##### RECORDS TO USE #####

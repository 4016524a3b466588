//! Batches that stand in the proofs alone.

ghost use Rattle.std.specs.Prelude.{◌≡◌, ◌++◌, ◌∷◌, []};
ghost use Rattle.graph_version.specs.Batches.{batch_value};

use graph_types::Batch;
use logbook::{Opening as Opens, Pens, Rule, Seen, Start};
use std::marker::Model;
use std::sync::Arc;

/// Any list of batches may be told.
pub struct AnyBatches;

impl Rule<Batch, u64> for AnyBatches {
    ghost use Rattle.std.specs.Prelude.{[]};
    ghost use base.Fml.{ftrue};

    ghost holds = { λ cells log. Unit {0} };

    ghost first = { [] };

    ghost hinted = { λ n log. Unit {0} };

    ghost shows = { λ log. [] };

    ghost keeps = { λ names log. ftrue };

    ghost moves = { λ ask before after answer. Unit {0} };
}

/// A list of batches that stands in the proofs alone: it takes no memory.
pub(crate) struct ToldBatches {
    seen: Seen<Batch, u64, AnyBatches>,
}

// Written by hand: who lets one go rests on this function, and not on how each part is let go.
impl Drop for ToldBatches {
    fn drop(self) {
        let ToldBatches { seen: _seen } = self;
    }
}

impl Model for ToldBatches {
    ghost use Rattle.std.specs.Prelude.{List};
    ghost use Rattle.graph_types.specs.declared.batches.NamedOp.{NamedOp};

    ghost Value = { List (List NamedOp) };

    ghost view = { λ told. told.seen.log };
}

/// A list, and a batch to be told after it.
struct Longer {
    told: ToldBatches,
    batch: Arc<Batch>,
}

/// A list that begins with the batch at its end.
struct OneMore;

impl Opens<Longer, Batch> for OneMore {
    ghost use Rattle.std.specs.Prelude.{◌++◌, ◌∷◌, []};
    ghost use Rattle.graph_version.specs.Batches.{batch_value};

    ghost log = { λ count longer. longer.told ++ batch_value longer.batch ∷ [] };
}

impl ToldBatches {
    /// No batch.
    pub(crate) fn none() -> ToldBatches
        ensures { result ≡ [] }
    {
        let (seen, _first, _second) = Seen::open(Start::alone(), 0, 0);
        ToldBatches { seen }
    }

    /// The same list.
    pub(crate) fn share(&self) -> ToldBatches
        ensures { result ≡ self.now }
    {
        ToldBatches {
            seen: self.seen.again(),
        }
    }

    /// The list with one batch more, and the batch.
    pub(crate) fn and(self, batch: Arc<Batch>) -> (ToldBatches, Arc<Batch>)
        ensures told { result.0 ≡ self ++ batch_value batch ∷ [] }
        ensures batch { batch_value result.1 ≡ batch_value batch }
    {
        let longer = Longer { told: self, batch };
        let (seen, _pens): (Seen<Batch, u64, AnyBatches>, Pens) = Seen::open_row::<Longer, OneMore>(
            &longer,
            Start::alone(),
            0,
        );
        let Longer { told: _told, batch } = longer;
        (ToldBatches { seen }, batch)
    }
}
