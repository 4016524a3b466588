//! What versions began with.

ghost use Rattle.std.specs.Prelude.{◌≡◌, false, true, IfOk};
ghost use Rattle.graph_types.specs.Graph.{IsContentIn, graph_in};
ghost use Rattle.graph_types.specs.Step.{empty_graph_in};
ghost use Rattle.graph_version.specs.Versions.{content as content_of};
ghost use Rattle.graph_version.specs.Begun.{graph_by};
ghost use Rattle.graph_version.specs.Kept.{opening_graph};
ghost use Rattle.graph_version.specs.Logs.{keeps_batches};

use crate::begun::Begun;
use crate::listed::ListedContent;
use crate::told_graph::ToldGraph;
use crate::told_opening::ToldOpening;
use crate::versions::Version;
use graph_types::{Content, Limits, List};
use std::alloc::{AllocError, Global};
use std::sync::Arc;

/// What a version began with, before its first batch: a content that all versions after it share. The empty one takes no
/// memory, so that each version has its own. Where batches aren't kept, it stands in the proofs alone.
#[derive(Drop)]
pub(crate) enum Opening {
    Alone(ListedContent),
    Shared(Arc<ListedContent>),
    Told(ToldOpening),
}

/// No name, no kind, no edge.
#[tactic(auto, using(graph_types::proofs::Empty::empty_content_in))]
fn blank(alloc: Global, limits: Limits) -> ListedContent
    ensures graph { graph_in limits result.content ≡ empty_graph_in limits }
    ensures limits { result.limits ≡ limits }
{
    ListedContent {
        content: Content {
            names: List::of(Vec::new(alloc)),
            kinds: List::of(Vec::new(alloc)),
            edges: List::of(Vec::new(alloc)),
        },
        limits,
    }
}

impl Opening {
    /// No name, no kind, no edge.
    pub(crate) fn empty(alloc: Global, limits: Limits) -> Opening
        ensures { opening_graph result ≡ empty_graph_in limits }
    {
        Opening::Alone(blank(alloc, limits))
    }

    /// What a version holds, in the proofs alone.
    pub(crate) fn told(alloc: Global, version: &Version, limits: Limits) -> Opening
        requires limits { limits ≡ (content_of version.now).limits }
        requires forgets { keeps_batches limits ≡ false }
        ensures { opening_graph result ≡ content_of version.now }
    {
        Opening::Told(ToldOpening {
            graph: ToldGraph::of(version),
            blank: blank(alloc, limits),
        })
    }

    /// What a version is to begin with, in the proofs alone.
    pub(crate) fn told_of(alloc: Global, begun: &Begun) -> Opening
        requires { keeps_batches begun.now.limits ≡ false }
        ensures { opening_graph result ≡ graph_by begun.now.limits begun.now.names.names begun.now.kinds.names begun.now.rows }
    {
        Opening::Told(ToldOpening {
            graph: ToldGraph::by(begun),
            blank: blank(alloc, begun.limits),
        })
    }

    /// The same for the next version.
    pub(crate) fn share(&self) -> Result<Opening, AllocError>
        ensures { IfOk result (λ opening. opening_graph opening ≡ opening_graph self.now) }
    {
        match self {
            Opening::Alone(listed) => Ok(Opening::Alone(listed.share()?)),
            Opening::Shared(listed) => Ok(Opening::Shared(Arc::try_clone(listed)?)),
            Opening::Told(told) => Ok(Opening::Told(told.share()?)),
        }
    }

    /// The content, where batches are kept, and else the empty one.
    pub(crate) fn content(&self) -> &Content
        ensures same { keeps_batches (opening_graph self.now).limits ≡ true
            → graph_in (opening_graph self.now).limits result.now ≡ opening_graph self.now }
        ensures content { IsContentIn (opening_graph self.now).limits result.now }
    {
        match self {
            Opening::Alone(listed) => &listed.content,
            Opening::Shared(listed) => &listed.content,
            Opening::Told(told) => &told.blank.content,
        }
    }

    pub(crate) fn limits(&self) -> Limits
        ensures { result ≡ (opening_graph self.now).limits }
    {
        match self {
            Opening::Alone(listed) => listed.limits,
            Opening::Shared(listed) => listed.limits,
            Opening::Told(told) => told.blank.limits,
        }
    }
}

#####

[WHAT IS REQUIRED]:
Transcribe every record above exactly as it appears.

[EXERCISE OUTPUT]:
repository 4016524a3b466588
//! Batches that stand in the proofs alone.

ghost use Rattle.std.specs.Prelude.{◌≡◌, ◌++◌, ◌∷◌, []};
ghost use Rattle.graph_version.specs.Batches.{batch_value};

use graph_types::Batch;
use logbook::{Opening as Opens, Pens, Rule, Seen, Start};
use std::marker::Model;
use std::sync::Arc;

/// Any list of batches may be told.
pub struct AnyBatches;

impl Rule<Batch, u64> for AnyBatches {
    ghost use Rattle.std.specs.Prelude.{[]};
    ghost use base.Fml.{ftrue};

    ghost holds = { λ cells log. Unit {0} };

    ghost first = { [] };

    ghost hinted = { λ n log. Unit {0} };

    ghost shows = { λ log. [] };

    ghost keeps = { λ names log. ftrue };

    ghost moves = { λ ask before after answer. Unit {0} };
}

/// A list of batches that stands in the proofs alone: it takes no memory.
pub(crate) struct ToldBatches {
    seen: Seen<Batch, u64, AnyBatches>,
}

// Written by hand: who lets one go rests on this function, and not on how each part is let go.
impl Drop for ToldBatches {
    fn drop(self) {
        let ToldBatches { seen: _seen } = self;
    }
}

impl Model for ToldBatches {
    ghost use Rattle.std.specs.Prelude.{List};
    ghost use Rattle.graph_types.specs.declared.batches.NamedOp.{NamedOp};

    ghost Value = { List (List NamedOp) };

    ghost view = { λ told. told.seen.log };
}

/// A list, and a batch to be told after it.
struct Longer {
    told: ToldBatches,
    batch: Arc<Batch>,
}

/// A list that begins with the batch at its end.
struct OneMore;

impl Opens<Longer, Batch> for OneMore {
    ghost use Rattle.std.specs.Prelude.{◌++◌, ◌∷◌, []};
    ghost use Rattle.graph_version.specs.Batches.{batch_value};

    ghost log = { λ count longer. longer.told ++ batch_value longer.batch ∷ [] };
}

impl ToldBatches {
    /// No batch.
    pub(crate) fn none() -> ToldBatches
        ensures { result ≡ [] }
    {
        let (seen, _first, _second) = Seen::open(Start::alone(), 0, 0);
        ToldBatches { seen }
    }

    /// The same list.
    pub(crate) fn share(&self) -> ToldBatches
        ensures { result ≡ self.now }
    {
        ToldBatches {
            seen: self.seen.again(),
        }
    }

    /// The list with one batch more, and the batch.
    pub(crate) fn and(self, batch: Arc<Batch>) -> (ToldBatches, Arc<Batch>)
        ensures told { result.0 ≡ self ++ batch_value batch ∷ [] }
        ensures batch { batch_value result.1 ≡ batch_value batch }
    {
        let longer = Longer { told: self, batch };
        let (seen, _pens): (Seen<Batch, u64, AnyBatches>, Pens) = Seen::open_row::<Longer, OneMore>(
            &longer,
            Start::alone(),
            0,
        );
        let Longer { told: _told, batch } = longer;
        (ToldBatches { seen }, batch)
    }
}
repository 4016524a3b466588
//! What versions began with.

ghost use Rattle.std.specs.Prelude.{◌≡◌, false, true, IfOk};
ghost use Rattle.graph_types.specs.Graph.{IsContentIn, graph_in};
ghost use Rattle.graph_types.specs.Step.{empty_graph_in};
ghost use Rattle.graph_version.specs.Versions.{content as content_of};
ghost use Rattle.graph_version.specs.Begun.{graph_by};
ghost use Rattle.graph_version.specs.Kept.{opening_graph};
ghost use Rattle.graph_version.specs.Logs.{keeps_batches};

use crate::begun::Begun;
use crate::listed::ListedContent;
use crate::told_graph::ToldGraph;
use crate::told_opening::ToldOpening;
use crate::versions::Version;
use graph_types::{Content, Limits, List};
use std::alloc::{AllocError, Global};
use std::sync::Arc;

/// What a version began with, before its first batch: a content that all versions after it share. The empty one takes no
/// memory, so that each version has its own. Where batches aren't kept, it stands in the proofs alone.
#[derive(Drop)]
pub(crate) enum Opening {
    Alone(ListedContent),
    Shared(Arc<ListedContent>),
    Told(ToldOpening),
}

/// No name, no kind, no edge.
#[tactic(auto, using(graph_types::proofs::Empty::empty_content_in))]
fn blank(alloc: Global, limits: Limits) -> ListedContent
    ensures graph { graph_in limits result.content ≡ empty_graph_in limits }
    ensures limits { result.limits ≡ limits }
{
    ListedContent {
        content: Content {
            names: List::of(Vec::new(alloc)),
            kinds: List::of(Vec::new(alloc)),
            edges: List::of(Vec::new(alloc)),
        },
        limits,
    }
}

impl Opening {
    /// No name, no kind, no edge.
    pub(crate) fn empty(alloc: Global, limits: Limits) -> Opening
        ensures { opening_graph result ≡ empty_graph_in limits }
    {
        Opening::Alone(blank(alloc, limits))
    }

    /// What a version holds, in the proofs alone.
    pub(crate) fn told(alloc: Global, version: &Version, limits: Limits) -> Opening
        requires limits { limits ≡ (content_of version.now).limits }
        requires forgets { keeps_batches limits ≡ false }
        ensures { opening_graph result ≡ content_of version.now }
    {
        Opening::Told(ToldOpening {
            graph: ToldGraph::of(version),
            blank: blank(alloc, limits),
        })
    }

    /// What a version is to begin with, in the proofs alone.
    pub(crate) fn told_of(alloc: Global, begun: &Begun) -> Opening
        requires { keeps_batches begun.now.limits ≡ false }
        ensures { opening_graph result ≡ graph_by begun.now.limits begun.now.names.names begun.now.kinds.names begun.now.rows }
    {
        Opening::Told(ToldOpening {
            graph: ToldGraph::by(begun),
            blank: blank(alloc, begun.limits),
        })
    }

    /// The same for the next version.
    pub(crate) fn share(&self) -> Result<Opening, AllocError>
        ensures { IfOk result (λ opening. opening_graph opening ≡ opening_graph self.now) }
    {
        match self {
            Opening::Alone(listed) => Ok(Opening::Alone(listed.share()?)),
            Opening::Shared(listed) => Ok(Opening::Shared(Arc::try_clone(listed)?)),
            Opening::Told(told) => Ok(Opening::Told(told.share()?)),
        }
    }

    /// The content, where batches are kept, and else the empty one.
    pub(crate) fn content(&self) -> &Content
        ensures same { keeps_batches (opening_graph self.now).limits ≡ true
            → graph_in (opening_graph self.now).limits result.now ≡ opening_graph self.now }
        ensures content { IsContentIn (opening_graph self.now).limits result.now }
    {
        match self {
            Opening::Alone(listed) => &listed.content,
            Opening::Shared(listed) => &listed.content,
            Opening::Told(told) => &told.blank.content,
        }
    }

    pub(crate) fn limits(&self) -> Limits
        ensures { result ≡ (opening_graph self.now).limits }
    {
        match self {
            Opening::Alone(listed) => listed.limits,
            Opening::Shared(listed) => listed.limits,
            Opening::Told(told) => told.blank.limits,
        }
    }
}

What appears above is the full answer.